** PROMPT **
From the entries below, return only the lines starting at the one that contains "pub use bundle::Bundle;" and ending at the one that contains "many at once;", exactly as they stand.

==== ENTRIES PROVIDED

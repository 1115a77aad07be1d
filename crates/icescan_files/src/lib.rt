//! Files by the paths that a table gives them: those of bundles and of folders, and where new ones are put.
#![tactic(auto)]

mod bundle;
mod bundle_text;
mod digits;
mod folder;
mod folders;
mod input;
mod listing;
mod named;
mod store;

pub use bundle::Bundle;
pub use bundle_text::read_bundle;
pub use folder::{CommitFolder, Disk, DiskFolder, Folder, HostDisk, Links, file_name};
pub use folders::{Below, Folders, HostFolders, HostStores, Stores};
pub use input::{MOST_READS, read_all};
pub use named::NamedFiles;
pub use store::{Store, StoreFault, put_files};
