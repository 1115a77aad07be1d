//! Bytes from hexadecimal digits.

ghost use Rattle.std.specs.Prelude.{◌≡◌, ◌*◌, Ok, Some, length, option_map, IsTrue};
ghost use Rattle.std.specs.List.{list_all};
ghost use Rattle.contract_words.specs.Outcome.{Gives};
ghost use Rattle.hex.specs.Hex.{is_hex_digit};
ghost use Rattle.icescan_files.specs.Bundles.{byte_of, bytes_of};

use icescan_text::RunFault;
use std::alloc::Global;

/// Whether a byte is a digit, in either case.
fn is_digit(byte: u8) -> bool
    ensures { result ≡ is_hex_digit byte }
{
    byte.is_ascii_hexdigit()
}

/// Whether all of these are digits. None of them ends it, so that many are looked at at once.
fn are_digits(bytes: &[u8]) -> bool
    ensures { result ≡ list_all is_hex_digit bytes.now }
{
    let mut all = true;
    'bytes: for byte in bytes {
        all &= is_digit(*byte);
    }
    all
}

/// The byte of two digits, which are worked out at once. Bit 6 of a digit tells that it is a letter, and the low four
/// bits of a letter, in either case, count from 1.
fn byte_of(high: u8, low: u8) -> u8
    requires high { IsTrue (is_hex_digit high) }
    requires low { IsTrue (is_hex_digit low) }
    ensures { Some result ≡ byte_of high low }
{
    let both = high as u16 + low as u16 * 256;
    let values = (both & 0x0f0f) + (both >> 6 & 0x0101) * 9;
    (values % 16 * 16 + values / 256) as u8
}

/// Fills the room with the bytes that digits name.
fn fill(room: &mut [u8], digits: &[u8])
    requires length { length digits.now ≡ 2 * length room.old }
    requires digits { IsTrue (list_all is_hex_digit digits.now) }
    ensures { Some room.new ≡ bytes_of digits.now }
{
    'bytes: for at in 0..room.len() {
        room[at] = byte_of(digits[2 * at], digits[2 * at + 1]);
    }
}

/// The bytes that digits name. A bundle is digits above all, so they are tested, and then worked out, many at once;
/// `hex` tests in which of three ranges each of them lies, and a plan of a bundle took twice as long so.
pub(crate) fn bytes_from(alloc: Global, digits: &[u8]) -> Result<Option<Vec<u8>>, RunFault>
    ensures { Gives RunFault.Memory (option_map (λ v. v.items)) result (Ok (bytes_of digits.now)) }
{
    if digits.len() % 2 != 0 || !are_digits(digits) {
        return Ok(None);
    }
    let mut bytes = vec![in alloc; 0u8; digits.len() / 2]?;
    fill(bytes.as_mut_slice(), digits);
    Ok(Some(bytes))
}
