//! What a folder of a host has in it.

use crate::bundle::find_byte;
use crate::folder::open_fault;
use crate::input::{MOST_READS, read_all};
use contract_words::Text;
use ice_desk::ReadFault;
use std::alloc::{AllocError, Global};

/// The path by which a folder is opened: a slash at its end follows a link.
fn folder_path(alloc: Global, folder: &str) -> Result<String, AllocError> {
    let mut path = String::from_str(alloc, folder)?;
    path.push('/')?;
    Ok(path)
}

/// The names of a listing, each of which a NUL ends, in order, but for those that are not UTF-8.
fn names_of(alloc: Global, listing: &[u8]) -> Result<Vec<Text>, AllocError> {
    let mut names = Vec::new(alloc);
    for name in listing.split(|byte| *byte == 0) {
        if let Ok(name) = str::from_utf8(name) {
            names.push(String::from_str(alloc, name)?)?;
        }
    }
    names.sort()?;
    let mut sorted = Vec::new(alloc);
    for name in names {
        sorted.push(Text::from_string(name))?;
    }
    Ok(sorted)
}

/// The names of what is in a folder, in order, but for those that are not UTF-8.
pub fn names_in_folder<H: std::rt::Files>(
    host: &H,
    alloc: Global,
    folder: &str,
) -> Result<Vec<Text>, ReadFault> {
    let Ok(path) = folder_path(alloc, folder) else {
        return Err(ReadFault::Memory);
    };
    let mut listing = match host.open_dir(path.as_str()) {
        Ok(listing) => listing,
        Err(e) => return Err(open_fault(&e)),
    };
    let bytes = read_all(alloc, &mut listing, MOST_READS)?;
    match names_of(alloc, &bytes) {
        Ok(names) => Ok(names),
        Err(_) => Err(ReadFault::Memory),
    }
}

========

** REPLY TO THE TASK **
pub use bundle::Bundle;
pub use bundle_text::read_bundle;
pub use folder::{CommitFolder, Disk, DiskFolder, Folder, HostDisk, Links, file_name};
pub use folders::{Below, Folders, HostFolders, HostStores, Stores};
pub use input::{MOST_READS, read_all};
pub use named::NamedFiles;
pub use store::{Store, StoreFault, put_files};
repository 1115a77aad07be1d
//! Bytes from hexadecimal digits.

ghost use Rattle.std.specs.Prelude.{◌≡◌, ◌*◌, Ok, Some, length, option_map, IsTrue};
ghost use Rattle.std.specs.List.{list_all};
ghost use Rattle.contract_words.specs.Outcome.{Gives};
ghost use Rattle.hex.specs.Hex.{is_hex_digit};
ghost use Rattle.icescan_files.specs.Bundles.{byte_of, bytes_of};

use icescan_text::RunFault;
use std::alloc::Global;

/// Whether a byte is a digit, in either case.
fn is_digit(byte: u8) -> bool
    ensures { result ≡ is_hex_digit byte }
{
    byte.is_ascii_hexdigit()
}

/// Whether all of these are digits. None of them ends it, so that many are looked at at once.
fn are_digits(bytes: &[u8]) -> bool
    ensures { result ≡ list_all is_hex_digit bytes.now }
{
    let mut all = true;
    'bytes: for byte in bytes {
        all &= is_digit(*byte);
    }
    all
}

/// The byte of two digits, which are worked out at once. Bit 6 of a digit tells that it is a letter, and the low four
/// bits of a letter, in either case, count from 1.
fn byte_of(high: u8, low: u8) -> u8
    requires high { IsTrue (is_hex_digit high) }
    requires low { IsTrue (is_hex_digit low) }
    ensures { Some result ≡ byte_of high low }
{
    let both = high as u16 + low as u16 * 256;
    let values = (both & 0x0f0f) + (both >> 6 & 0x0101) * 9;
    (values % 16 * 16 + values / 256) as u8
}

/// Fills the room with the bytes that digits name.
fn fill(room: &mut [u8], digits: &[u8])
    requires length { length digits.now ≡ 2 * length room.old }
    requires digits { IsTrue (list_all is_hex_digit digits.now) }
    ensures { Some room.new ≡ bytes_of digits.now }
{
    'bytes: for at in 0..room.len() {
        room[at] = byte_of(digits[2 * at], digits[2 * at + 1]);
    }
}

/// The bytes that digits name. A bundle is digits above all, so they are tested, and then worked out, many at once;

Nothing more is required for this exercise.